Rob and Marilee said the new buildings are near downtown, and Frontier Behavioral Health, House of Charity, Hope House and Providence Medical Center.

A ground breaking and blessing ceremony will be held Friday, May 22. Construction will be completed in 10 to 12 months.

The Catholic Charities building will be called Buder Haven, after the Buder family in the Spokane Catholic community, Rob said. The VOA Board has not yet announced the name for its facility.

“We used to provide big, one-bedroom apartments, but at Fr. Bach House, we have small studios and security staff so only one person can occupy an apartment.  We can discourage couch surfing or residents inviting friends to move in with them,” Rob said.

After building stability in Fr. Bach Haven, some moved out in two years to standard apartments.

“Mental health counselors and substance abuse treatment are on site,” he said.

Case managers can go door to door, rather than all over town, as they do to serve people living in VOA’s 122 scattered sites, renting from private landlords.

Marilee said one vet took four months after he was given keys to half a duplex to sleep in his bed.  He slept outside for a week, then on the porch and the kitchen floor.

“He would have done better in a building with 49 other people to talk with him,” she said.

Building two buildings on one block at the same time with the same architect and contractor will save several hundred thousand dollars each for Catholic Charities and VOA. Concrete will be poured, drywall installed and plumbing put in both buildings at the same time. 

Once the buildings are open, they will share services like mental health, substance abuse and medical nursing staff.

“It’s rare for two organizations to do such a project together,” said Marilee, “but we have already worked together on the Christmas Bureau for 60 years, Respite Care after hospitalization for men at the House of Charity and women at Hope House, and VOA staff works with people in St. Margaret’s, as well as Hope House.”

Catholic Charities’ furniture bank will furnish both buildings.

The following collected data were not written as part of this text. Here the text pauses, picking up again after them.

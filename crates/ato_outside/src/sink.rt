ghost use Rattle.std.specs.Prelude.{ℕ, ◌≤◌, List, Option, IfOk, length};
ghost use Rattle.ato_outside.specs.Causes.{Counts};
ghost use Rattle.ato_outside.specs.Sink.{WritesWhereTold, IsSinkFault};

/// A sink failed and took nothing.
#[derive(Clone, Copy, Debug, PartialEq, Eq)]
pub struct SinkFailed;

/// Where lines are printed.
pub trait Sink {
    /// The bytes written, where it tells them.
    ghost written: { Self → Option (List ℕ) };

    /// How often it failed.
    ghost faults: { Self → ℕ };

    /// Appends the first bytes of a piece, and answers how many it took.
    ///
    /// Where it fails it takes nothing. An answer of 0 for a piece that is not empty is a fault of
    /// the sink too. Only these two raise the count of faults.
    fn write(&mut self, piece: &[u8]) -> Result<usize, SinkFailed>
        ensures bound { IfOk result (λ n. n ≤ length piece.now) }
        ensures told { WritesWhereTold (written self.old) (written self.new) piece.now result }
        ensures faults { Counts (faults self.old) (faults self.new) (IsSinkFault piece.now result) };
}
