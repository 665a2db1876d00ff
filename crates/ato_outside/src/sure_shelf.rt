ghost use Rattle.std.specs.Prelude.{◌≡◌, IsErrOf};
ghost use Rattle.std.specs.FinMap as map;
ghost use Rattle.ato_outside.specs.Files.{files_of};
ghost use Rattle.ato_outside.specs.Causes.{Counts};
ghost use Rattle.ato_outside.specs.Shelf.{IsAnswer, Fits};
ghost use Rattle.ato_outside.specs.SureFiles.{GetsFromSureFiles, GetsSurely};

use crate::entries::Entries;
use crate::{Got, Shelf, ShelfError};
use ato_base::{List, Text};
use std::marker::Model;

/// A shelf in memory that never fails.
///
/// Contracts see it as its files and its count of misses.
#[derive(Debug, Drop)]
pub struct SureShelf {
    files: Entries,
    misses: u64,
}

impl Model for SureShelf {
    ghost use Rattle.ato_outside.specs.SureFiles.{SureFiles, sure_code};

    ghost Value = { SureFiles };

    ghost coded = { sure_code };

    ghost view = { λ it. record { files = it.files; misses = it.misses } };
}

impl SureShelf {
    /// A shelf of these files. Of several entries for a name the first counts.
    pub fn new(files: List<(Text, List<u8>)>) -> SureShelf
        ensures { result ≡ record { files = files_of files; misses = 0 } }
    {
        SureShelf {
            files: Entries::from_list(files),
            misses: 0,
        }
    }

    /// How many calls found no file of their name.
    pub fn misses(&self) -> u64
        ensures { result ≡ self.now.misses }
    {
        self.misses
    }
}

impl Shelf for SureShelf {
    ghost use Rattle.std.specs.Prelude.{Some};

    ghost gets = { GetsFromSureFiles };

    ghost files = { λ s. Some s.files };

    ghost faults = { λ _. 0 };

    ghost misses = { λ s. s.misses };

    fn get(&mut self, name: &str, limit: usize, into: &mut Vec<u8>) -> Result<Got, ShelfError>
        ensures asked { GetsFromSureFiles self.old name.now limit result into.new.items self.new }
        ensures same { self.new.files ≡ self.old.files }
        ensures told { IsAnswer (map.get self.old.files name.now) limit result into.new.items }
        ensures room { Fits limit result into.new.items }
        ensures faults { Counts 0 0 (IsErrOf result ShelfError.Failed) }
        ensures misses { Counts self.old.misses self.new.misses (result ≡ Ok Got.Missing) }
        ensures sure { GetsSurely self.old self.new result }
    {
        let answer = self.files.read(name, limit, into);
        if answer == Ok(Got::Missing) {
            self.misses = self.misses.saturating_add(1);
        }
        answer
    }
}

“We will continue to be generous partners with each other,” Rob said. “That should be everyone’s goal, because it’s better for the poor if social service agencies work together.”

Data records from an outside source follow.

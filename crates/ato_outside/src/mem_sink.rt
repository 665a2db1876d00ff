ghost use Rattle.std.specs.Prelude.{◌≡◌, [], ◌≤◌, IfOk, length};
ghost use Rattle.ato_outside.specs.Causes.{Counts};
ghost use Rattle.ato_outside.specs.Sink.{Writes, IsSinkFault};
ghost use Rattle.ato_outside.specs.MemorySink.{is_refused, WritesByNumber};

use crate::numbered::is_listed;
use crate::{Sink, SinkFailed};
use ato_base::{List, NoMemory};
use std::alloc::Global;
use std::marker::Model;

/// A sink in memory, with room for so many bytes, which fails the calls of the given numbers.
///
/// Contracts see it as the bytes written, the room left, the numbers, the calls so far, and its
/// count of faults.
#[derive(Debug, Drop)]
pub struct MemSink {
    bytes: Vec<u8>,
    room: usize,
    fail: List<u32>,
    calls: u64,
    faults: u64,
}

impl Model for MemSink {
    ghost use Rattle.std.specs.Prelude.{◌+◌, ◌≤◌, vec_len, vec_capacity};
    ghost use Rattle.ato_outside.specs.MemorySink.{MemorySink, sink_code};

    ghost Value = { MemorySink };

    ghost coded = { sink_code };

    ghost view = { λ it. record {
      written = it.bytes.items;
      room = it.room;
      fail = it.fail;
      calls = it.calls;
      faults = it.faults;
    } };

    ghost invariant = { λ it. vec_len it.bytes + it.room ≤ vec_capacity it.bytes };
}

impl MemSink {
    /// A sink that has room for so many bytes, which it reserves. Each `write` whose number, from 1,
    /// stands in `fail` fails, and so does each whose piece does not fit into the room left.
    pub fn new(alloc: Global, room: usize, fail: List<u32>) -> Result<MemSink, NoMemory>
        ensures { IfOk result (λ sink. sink ≡ record {
          written = [];
          room = room;
          fail = fail;
          calls = 0;
          faults = 0;
        }) }
    {
        Ok(MemSink {
            bytes: Vec::with_capacity(alloc, room)?,
            room,
            fail,
            calls: 0,
            faults: 0,
        })
    }

    /// The bytes written.
    pub fn written(&self) -> &[u8]
        ensures { result.now ≡ self.now.written }
    {
        self.bytes.as_slice()
    }

    /// How many calls failed.
    pub fn faults(&self) -> u64
        ensures { result ≡ self.now.faults }
    {
        self.faults
    }
}

impl Sink for MemSink {
    ghost use Rattle.std.specs.Prelude.{Some};

    ghost written = { λ s. Some s.written };

    ghost faults = { λ s. s.faults };

    fn write(&mut self, piece: &[u8]) -> Result<usize, SinkFailed>
        ensures bound { IfOk result (λ n. n ≤ length piece.now) }
        ensures told { Writes self.old.written self.new.written piece.now result }
        ensures faults { Counts self.old.faults self.new.faults (IsSinkFault piece.now result) }
        ensures numbered { WritesByNumber (is_refused self.old piece.now) self.old self.new piece.now
            result }
    {
        self.calls = self.calls.saturating_add(1);
        if let Some(left) = self.room.checked_sub(piece.len()) {
            let fails = is_listed(self.fail.as_slice(), self.calls);
            if !fails && self.bytes.extend_from_slice(piece).is_ok() {
                self.room = left;
                return Ok(piece.len());
            }
        }
        self.faults = self.faults.saturating_add(1);
        Err(SinkFailed)
    }
}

Both have also worked together for five years in the Community Housing and Human Services (CHHS) with SNAP, the Salvation Army, Transitions and others.

By working together rather than competing, CHHS agencies receive the city’s largest social service grant for housing—more than $3 million in HUD and Department of Commerce dollars.

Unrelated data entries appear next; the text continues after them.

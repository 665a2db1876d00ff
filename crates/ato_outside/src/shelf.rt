ghost use Rattle.std.specs.Prelude.{◌≡◌, ℕ, List, Option, Result, IfSome, IsErrOf};
ghost use Rattle.std.specs.FinMap as map;
ghost use Rattle.ato_outside.specs.Files.{Files};
ghost use Rattle.ato_outside.specs.Causes.{Counts};
ghost use Rattle.ato_outside.specs.Shelf.{IsAnswer, Fits};
ghost use Rattle.ato_outside.specs.declared.shelf.Got.{Got};
ghost use Rattle.ato_outside.specs.declared.shelf.ShelfError.{ShelfError};

use thiserror::Error;

/// What a shelf answers for a name.
#[derive(Clone, Copy, Debug, PartialEq, Eq)]
pub enum Got {
    /// The whole file was read.
    Whole,
    /// There is no file of this name.
    Missing,
    /// The file is longer than the limit.
    TooLong,
}

/// Why a shelf gives no answer.
#[derive(Clone, Copy, Debug, PartialEq, Eq, Error)]
pub enum ShelfError {
    /// The file could not be read. The count of faults rises.
    #[error("the file could not be read")]
    Failed,
    /// There was no memory for the file's bytes. No count rises.
    #[error("out of memory")]
    NoMemory,
}

/// Where files come from.
///
/// What a call does is a relation that an implementation tells. Code that is generic over it can
/// show that a call took place only by making it.
pub trait Shelf {
    /// A call: the state before, the name, the limit, the answer with the bytes that came with it,
    /// and the state after.
    ghost gets: { Self → List ℕ → ℕ → Result Got ShelfError → List ℕ → Self → Type 0 };

    /// The files that it holds, where it tells them.
    ghost files: { Self → Option Files };

    /// How often it failed.
    ghost faults: { Self → ℕ };

    /// How often a name was missing.
    ghost misses: { Self → ℕ };

    /// Reads the file of this name into `into`, where it has at most `limit` bytes.
    ///
    /// After Whole, `into` holds the file's bytes, and after every other answer it is empty. Only a
    /// call that answers Missing raises the count of misses, and only one that answers Failed the
    /// count of faults. The files stay as they are.
    fn get(&mut self, name: &str, limit: usize, into: &mut Vec<u8>) -> Result<Got, ShelfError>
        ensures asked { gets self.old name.now limit result into.new.items self.new }
        ensures same { files self.new ≡ files self.old }
        ensures told { IfSome (files self.old)
            (λ held. IsAnswer (map.get held name.now) limit result into.new.items) }
        ensures room { Fits limit result into.new.items }
        ensures faults { Counts (faults self.old) (faults self.new)
            (IsErrOf result ShelfError.Failed) }
        ensures misses { Counts (misses self.old) (misses self.new) (result ≡ Ok Got.Missing) };
}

For the project, Catholic Charities and VOA will receive funding from the State of Washington Finance Commission, which grants 9 percent tax credits to investors—individuals and banks donating funds for tax breaks. Over 10 years, a $10 million investment can be a $10 million tax credit.

Construction is $7.5 million plus soft costs for a total of $10 million for each building.

Operating costs will come from other philanthropy and government sources. Given that tenants will pay no rent, thanks to Spokane Housing Authority Section 8 vouchers, both projects need local contributions.

For the next few years, Rob plans to build at least one new project like this a year, eventually to house all the 362 chronically homeless people—based on the last count in the city.

In addition, the City of Spokane has Single Coordinated Entry, so homeless people are assessed and those with the highest scores can enter the Housing First program.

“When people with the highest need are in this housing, it will free other housing for people with fewer challenges,” said Marilee.

Catholic Charities has 1,000 units of housing in Eastern Washington. Fr. Bach Haven, a new project for homeless veterans in Walla Walla and the Collins Apartments are the only other housing for chronically homeless.

Rob said they will recruit for the new units at the 104-bed dormitory of House of Charity and 34-bed Hope House.

“Over time, we will free beds for the temporarily homeless, the newly homeless and homeless travelers,” Rob said. “Shelters should not have residents sleeping there for years and years.”

“It would be fabulous to have empty shelters,” said Marilee, pointing out that it’s to everyone’s advantage—businesses, hospitals, police, tourism and homeless people themselves—to have chronically homeless people off the streets downtown.